Daí não se perceber como a barragem aos estrangeiros «não pode ser conseguida à margem do mercado». E daí acusar-se um Governo de «irresponsabilidade política» se «as regras do jogo sejam estritamente económicas» enquanto, ao mesmo tempo, se declara solenemente que a estratégia nacional não pode ser erguida «à custa do sacrifício da eficiência económica».
Então em que ficamos? No documento ‘politicamente correcto’, que qualquer cidadão pacato não hesitará em subscrever? Na proclamação de princípios gerais, que merecem a concordância de quem mantém uma linha de coerência em defesa dos centros de decisão nacional (como Ernâni Lopes) e também o apoio do mais convicto apologista das liberdades da globalização (como é o caso de António Borges)?
Ou no manifesto daqueles que, manifestamente, querem ganhar vantagens imediatas, partir com alguns metros de avanço na corrida às próximas empresas que o Estado vai alienar?
Obviamente que o «contributo para um conceito estratégico nacional» está elaborado de tal forma que, sem dificuldade de qualquer espécie, de tudo um pouco caberá no grupo que o promove: os oportunistas de sempre e os voluntariosos do costume, os novos ingénuos e os velhos do Restelo.
Pode dizer-se que, sobre as grandes questões, o país necessita de grandes consensos. O que não quer dizer o mesmo que extravagantes abrangências de ideologias e de sensibilidades. Isso só é plausível num manifesto. Impossível quando se quer dar corpo a ele.
Estalou o vernizO código genético de um banqueiro combina uma série de características, que vai da paciência à circunspecção, da discrição à prudência, da cautela à moderação. A delicadeza do negócio que dirigem coloca os homens da alta finança sob o espesso manto do silêncio, unidos por um não declarado pacto de não agressão mútua.
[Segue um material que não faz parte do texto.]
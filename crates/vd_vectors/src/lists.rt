//! Operators on lists of logical values.

ghost use Rattle.std.specs.Prelude.{◌≡◌, IfOk, length, map};
ghost use Rattle.vd_values.specs.LogicTables.{not_of};
ghost use Rattle.vd_vectors.specs.Logical.{combined, folded, logical_of, reduced};
ghost use Rattle.vd_vectors.specs.Matching.{match_all};
ghost use Rattle.vd_vectors.specs.Orders.{list_order, order_of};

use crate::logical::LogicalOperator;
use std::alloc::{AllocError, Global};
use std::cmp::Ordering;
use vd_values::{Logic, logic_and, logic_not, logic_or, logic_xor, matches};

/// The operator on two values.
pub fn of_two(operator: LogicalOperator, left: Logic, right: Logic) -> Logic
    ensures { result ≡ logical_of operator left right }
{
    match operator {
        LogicalOperator::And => logic_and(left, right),
        LogicalOperator::Or => logic_or(left, right),
        LogicalOperator::Nand => logic_not(logic_and(left, right)),
        LogicalOperator::Nor => logic_not(logic_or(left, right)),
        LogicalOperator::Xor => logic_xor(left, right),
        LogicalOperator::Xnor => logic_not(logic_xor(left, right)),
    }
}

/// The operator element by element.
pub fn of_lists(
    alloc: Global,
    operator: LogicalOperator,
    left: &[Logic],
    right: &[Logic],
) -> Result<Vec<Logic>, AllocError>
    requires { length left.now ≡ length right.now }
    ensures { IfOk result (λ made. made.items ≡ combined operator left.now right.now) }
{
    let mut made = Vec::with_capacity(alloc, left.len())?;
    for i in 0..left.len() {
        made.push(of_two(operator, left[i], right[i]))?;
    }
    Ok(made)
}

/// The operator on each element and one value.
pub fn of_each_and(
    alloc: Global,
    operator: LogicalOperator,
    values: &[Logic],
    other: Logic,
) -> Result<Vec<Logic>, AllocError>
    ensures { IfOk result (λ made. made.items ≡ map (λ x. logical_of operator x other) values.now) }
{
    values
        .iter()
        .map(|value| of_two(operator, *value, other))
        .collect(alloc)
}

/// The operator on one value and each element.
pub fn of_one_and_each(
    alloc: Global,
    operator: LogicalOperator,
    other: Logic,
    values: &[Logic],
) -> Result<Vec<Logic>, AllocError>
    ensures { IfOk result (λ made. made.items ≡ map (λ y. logical_of operator other y) values.now) }
{
    values
        .iter()
        .map(|value| of_two(operator, other, *value))
        .collect(alloc)
}

/// The operator `not` on each element.
pub fn not_each(alloc: Global, values: &[Logic]) -> Result<Vec<Logic>, AllocError>
    ensures { IfOk result (λ made. made.items ≡ map not_of values.now) }
{
    values.iter().map(|value| logic_not(*value)).collect(alloc)
}

/// A value and then the elements, taken together from the left.
fn fold(operator: LogicalOperator, first: Logic, values: &[Logic]) -> Logic
    ensures { result ≡ folded operator first values.now }
{
    let mut value = first;
    for next in values {
        value = of_two(operator, value, *next);
    }
    value
}

/// The reduction of a list.
pub fn reduce(operator: LogicalOperator, values: &[Logic]) -> Logic
    ensures { result ≡ reduced operator values.now }
{
    match operator {
        LogicalOperator::And => fold(LogicalOperator::And, Logic::One, values),
        LogicalOperator::Or => fold(LogicalOperator::Or, Logic::Zero, values),
        LogicalOperator::Xor => fold(LogicalOperator::Xor, Logic::Zero, values),
        LogicalOperator::Nand => logic_not(fold(LogicalOperator::And, Logic::One, values)),
        LogicalOperator::Nor => logic_not(fold(LogicalOperator::Or, Logic::Zero, values)),
        LogicalOperator::Xnor => logic_not(fold(LogicalOperator::Xor, Logic::Zero, values)),
    }
}

/// Whether two lists match.
pub fn match_lists(left: &[Logic], right: &[Logic]) -> Logic
    requires { length left.now ≡ length right.now }
    ensures { result ≡ match_all Logic.One left.now right.now }
{
    let mut value = Logic::One;
    for i in 0..left.len() {
        value = logic_and(value, matches(left[i], right[i]));
    }
    value
}

/// The order of two positions.
pub fn order_positions(left: i128, right: i128) -> Ordering
    ensures { result ≡ order_of left right }
{
    if left == right {
        Ordering::Equal
    } else if left <= right {
        Ordering::Less
    } else {
        Ordering::Greater
    }
}

/// The order of two lists of positions.
pub fn order_lists(left: &[i64], right: &[i64]) -> Ordering
    ensures { result ≡ list_order left.now right.now }
{
    let mut i = 0;
    while i < left.len() && i < right.len() {
        if left[i] != right[i] {
            return order_positions(i128::from(left[i]), i128::from(right[i]));
        }
        i += 1;
    }
    if left.len() == right.len() {
        Ordering::Equal
    } else if left.len() < right.len() {
        Ordering::Less
    } else {
        Ordering::Greater
    }
}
Ao longo da última semana, esse pacto sagrado foi quebrado no sistema financeiro português - o que, por si só, já constitui um facto absolutamente inédito. Tratando-se das personalidades em causa, é caso para ficarmos boquiabertos.
Fugindo às questões óbvias - de o conflito aberto entre Jardim Gonçalves e António de Sousa não ser nada saudável, de este conflito envolver metade da banca nacional - a guerra declarada entre BCP e Caixa Geral de Depósitos obriga a reflectir sobre as suas origens e a retirar lições para o futuro.
A origem é o «caso Champalimaud» e do casamento forçado, da ligação contra-natura, que o Governo de então obrigou a CGD a consumar com um dos seus principais concorrentes: o banco público mantém-se, até hoje, como principal accionista do maior banco privado.
Também é sintoma do nervosismo que anda por aí instalado, reflexo do clima de tensão que se abateu sobre o sector, porque não é normal uma administração insinuar que foi «traída» pelo seu maior accionista, nem é habitual que este reaja na praça pública com acusações sérias – não acesso prévio a informação relevante – ou insultos inusitados.
A lição que fica para o futuro é simples e pode ser resumida num mandamento para o poder político: não interfiras nas gestões profissionais e nas opções estratégicas das tuas empresas, porque a prazo podes arrepender-te e colher frutos contraproducentes.
Mesmo em nome dos centros de decisão nacionais.